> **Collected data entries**
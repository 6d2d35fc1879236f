//! Reading a line as a request. `specs/Requests.antt` defines which line is which request.

ghost use Rattle.std.specs.Prelude.{◌≡◌, ◌≢◌, ◌∷◌, [], Ok, Err, IfOk, IfErr, OnOk};
ghost use Rattle.fr_requests.specs.declared.requests.LineFault.TheVariants.{Memory};
ghost use Rattle.fr_requests.specs.Requests.{plain, reading};

use crate::read::read_value;
use crate::requests::{LineFault, Request};
use crate::word_lines::{list_request_after, request_of, short_request_after};
use crate::words::opening_word;
use json::Scratch;
use std::alloc::{AllocError, Global};
use std::fmt::{self, Formatter, Write};

/// The memory for a longer line is not kept.
const LONGEST_KEPT: usize = 1 << 16;

/// Reads lines as requests, and keeps some memory from one line to the next. A new reader, by `LineReader::default`,
/// has none. It gives back the memory for a line of more than 64 KB.
#[derive(Default, Drop)]
pub struct LineReader {
    // For the first line that is not read by its bytes, and for each such line after it.
    scratch: Option<Box<Scratch>>,
}

impl LineReader {
    /// Returns the request of a line. White space is allowed wherever JSON allows it. Fails with `NotJson` or
    /// `NotRequest` if the line is not a request, as [`LineFault`] says, and with `Memory` if an allocation is refused.
    /// The line alone determines every fault except `Memory`.
    ///
    /// O(b) for a line of b bytes. It reads most requests by their bytes, and allocates only their lists. For every
    /// other line, as one with an escape or an empty list, it makes a value of JSON; the first of them also makes 16 KB
    /// of memory for all.
    pub fn read(&mut self, alloc: Global, line: &[u8]) -> Result<Request, LineFault>
        ensures ok { IfOk result (λ request. reading line.now ≡ Ok (plain request)) }
        // `NotJson` exactly if the line is not JSON, `NotRequest` exactly if its value is not a request.
        ensures refused { IfErr result (λ fault. fault ≢ Memory → reading line.now ≡ Err fault) }
    {
        if let Some((word, rest)) = opening_word(line) {
            if let Some(brief) = short_request_after(word, rest) {
                return Ok(request_of(brief));
            }
        }
        self.read_long_line(alloc, line)
    }

    /// The request of a line with a list, or of one that is not read by its bytes. It is not inlined, so that other
    /// lines do not pay for its local variables.
    #[inline(never)]
    fn read_long_line(&mut self, alloc: Global, line: &[u8]) -> Result<Request, LineFault>
        ensures ok { IfOk result (λ request. reading line.now ≡ Ok (plain request)) }
        ensures refused { IfErr result (λ fault. fault ≢ Memory → reading line.now ≡ Err fault) }
    {
        if let Some((word, rest)) = opening_word(line) {
            if let Some(request) = list_request_after(alloc, word, rest)? {
                return Ok(request);
            }
        }
        let read = read_value(alloc, line, self.scratch(alloc)?);
        if line.len() > LONGEST_KEPT {
            self.scratch = None;
        }
        read
    }

    /// The memory for values of JSON, which is made when it is first needed.
    fn scratch(&mut self, alloc: Global) -> Result<&mut Scratch, AllocError> {
        let scratch = match self.scratch.take() {
            Some(scratch) => scratch,
            None => Box::new(alloc, Scratch::new(alloc))?,
        };
        Ok(self.scratch.insert(scratch))
    }
}

// Written by hand, because `Scratch` has no `Debug`. The memory means nothing to a reader of the text.
impl fmt::Debug for LineReader {
    fn fmt<W: Write>(&self, f: &mut Formatter<W>) -> Result<(), fmt::Error> {
        f.write_str("LineReader")
    }
}

/// Returns the request of one line, as [`LineReader::read`] does for each line of many. O(b) for a line of b bytes, and
/// the cost of 16 KB of memory if the line is not read by its bytes.
pub fn read_line(alloc: Global, line: &[u8]) -> Result<Request, LineFault>
    ensures ok { IfOk result (λ request. reading line.now ≡ Ok (plain request)) }
    ensures refused { IfErr result (λ fault. fault ≢ Memory → reading line.now ≡ Err fault) }
{
    LineReader::default().read(alloc, line)
}
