//! Numbers of JSON, as `serde_json` reads them.

ghost use Rattle.std.specs.Prelude.{◌≡◌, ◌==◌, ◌<◌, IsTrue, is_some, length, option_and_then, slice_index};
ghost use Rattle.std.specs.Prelude.{true, false};
ghost use Rattle.fast_float.specs.Text.{Parts};
ghost use Rattle.json.specs.Value.{items_view, members_view, value_view};
ghost use Rattle.serde_json.specs.Find.{as_u64};
ghost use Rattle.serde_json.specs.Read.{number_from, number_of};
ghost use Rattle.fr_requests.specs.Values.{are_items_readable, are_members_readable, is_json_readable};

use fast_float::Numeral;
use json::Value;

/// Whether a number begins with a minus.
#[inline(always)]
fn has_minus(number: &[u8]) -> bool
    ensures value { result ≡ (slice_index number.now 0 == 45) }
    ensures some { IsTrue result → 0 < length number.now }
{
    !number.is_empty() && number[0] == b'-'
}

/// The value of a number without a sign, a fraction and an exponent, if it is below 2^64.
#[inline(always)]
pub(crate) fn natural(text: &str) -> Option<u64>
    ensures { result ≡ option_and_then as_u64 (number_of text.now) }
{
    let number = text.as_bytes();
    if has_minus(number) {
        return None;
    }
    unsigned_natural(&Numeral::scan(number))
}

/// What [`natural`] returns for a number that begins with no minus.
#[inline(always)]
fn unsigned_natural(numeral: &Numeral<'_>) -> Option<u64>
    ensures { result ≡ option_and_then as_u64 (number_from false numeral.now) }
{
    numeral.to_u64()
}

/// Whether `serde_json` reads a number: not if it is too large for a float.
fn is_in_range(text: &str) -> bool
    ensures { result ≡ is_some (number_of text.now) }
{
    let number = text.as_bytes();
    if has_minus(number) {
        is_negative_in_range(&Numeral::scan(&number[1..]))
    } else {
        is_unsigned_in_range(&Numeral::scan(number))
    }
}

/// Whether `serde_json` reads a number that begins with no minus.
#[inline(always)]
fn is_unsigned_in_range(numeral: &Numeral<'_>) -> bool
    ensures { result ≡ is_some (number_from false numeral.now) }
{
    numeral.to_u64().is_some() || numeral.to_float::<f64>(false).is_finite()
}

/// Whether `serde_json` reads a number whose digits follow a minus.
fn is_negative_in_range(numeral: &Numeral<'_>) -> bool
    ensures { result ≡ is_some (number_from true numeral.now) }
{
    match numeral.to_i64(true) {
        Some(n) if n < 0 => true,
        _ => numeral.to_float::<f64>(true).is_finite(),
    }
}

/// Whether `serde_json` reads each number of a value.
#[cycle(readable)]
pub(crate) fn is_readable(value: &Value<'_>) -> bool
    ensures { result ≡ is_json_readable (value_view value.now) }
{
    match value {
        Value::Number(text) => is_in_range(text),
        Value::Array(items) => are_readable(items),
        Value::Object(members) => have_readable_values(members),
        Value::Null | Value::Bool(_) | Value::String(_) => true,
    }
}

/// Whether `serde_json` reads each number of the items of an array.
#[cycle(readable)]
fn are_readable(items: &[Value<'_>]) -> bool
    ensures { result ≡ are_items_readable (items_view items.now) }
{
    for item in items {
        if !is_readable(item) {
            return false;
        }
    }
    true
}

/// Whether `serde_json` reads each number of the members of an object.
#[cycle(readable)]
fn have_readable_values(members: &[(&str, Value<'_>)]) -> bool
    ensures { result ≡ are_members_readable (members_view members.now) }
{
    for member in members {
        if !is_readable(&member.1) {
            return false;
        }
    }
    true
}
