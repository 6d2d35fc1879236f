//! The lines of JSON that ask for networks and for changes to them: which line is which request. From `fr_graph` this
//! crate uses only [`Edit`], from `fr_tables` only [`Hop`], and from `fr_ways` only [`WayTable`]. JSON is that of RFC
//! 8259. docs/LINES.md lists the requests.
//!
//! [`Edit`]: fr_graph::Edit
//! [`Hop`]: fr_tables::Hop
//! [`WayTable`]: fr_ways::WayTable
#![tactic(auto)]

mod fronts;
mod lines;
mod lists;
mod numbers;
mod read;
mod requests;
mod word_lines;
mod words;

pub use lines::{LineReader, read_line};
pub use requests::{LineFault, NodeQuestion, Question, Request};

> **Directions for this task**
Reproduce the entries above exactly, starting at their first line and finishing with the line that contains "pub struct LineReader".

> **Exercise answer**
repository 6d2d35fc1879236f
//! Reading a line as a request. `specs/Requests.antt` defines which line is which request.

ghost use Rattle.std.specs.Prelude.{◌≡◌, ◌≢◌, ◌∷◌, [], Ok, Err, IfOk, IfErr, OnOk};
ghost use Rattle.fr_requests.specs.declared.requests.LineFault.TheVariants.{Memory};
ghost use Rattle.fr_requests.specs.Requests.{plain, reading};

use crate::read::read_value;
use crate::requests::{LineFault, Request};
use crate::word_lines::{list_request_after, request_of, short_request_after};
use crate::words::opening_word;
use json::Scratch;
use std::alloc::{AllocError, Global};
use std::fmt::{self, Formatter, Write};

/// The memory for a longer line is not kept.
const LONGEST_KEPT: usize = 1 << 16;

/// Reads lines as requests, and keeps some memory from one line to the next. A new reader, by `LineReader::default`,
/// has none. It gives back the memory for a line of more than 64 KB.
#[derive(Default, Drop)]
pub struct LineReader {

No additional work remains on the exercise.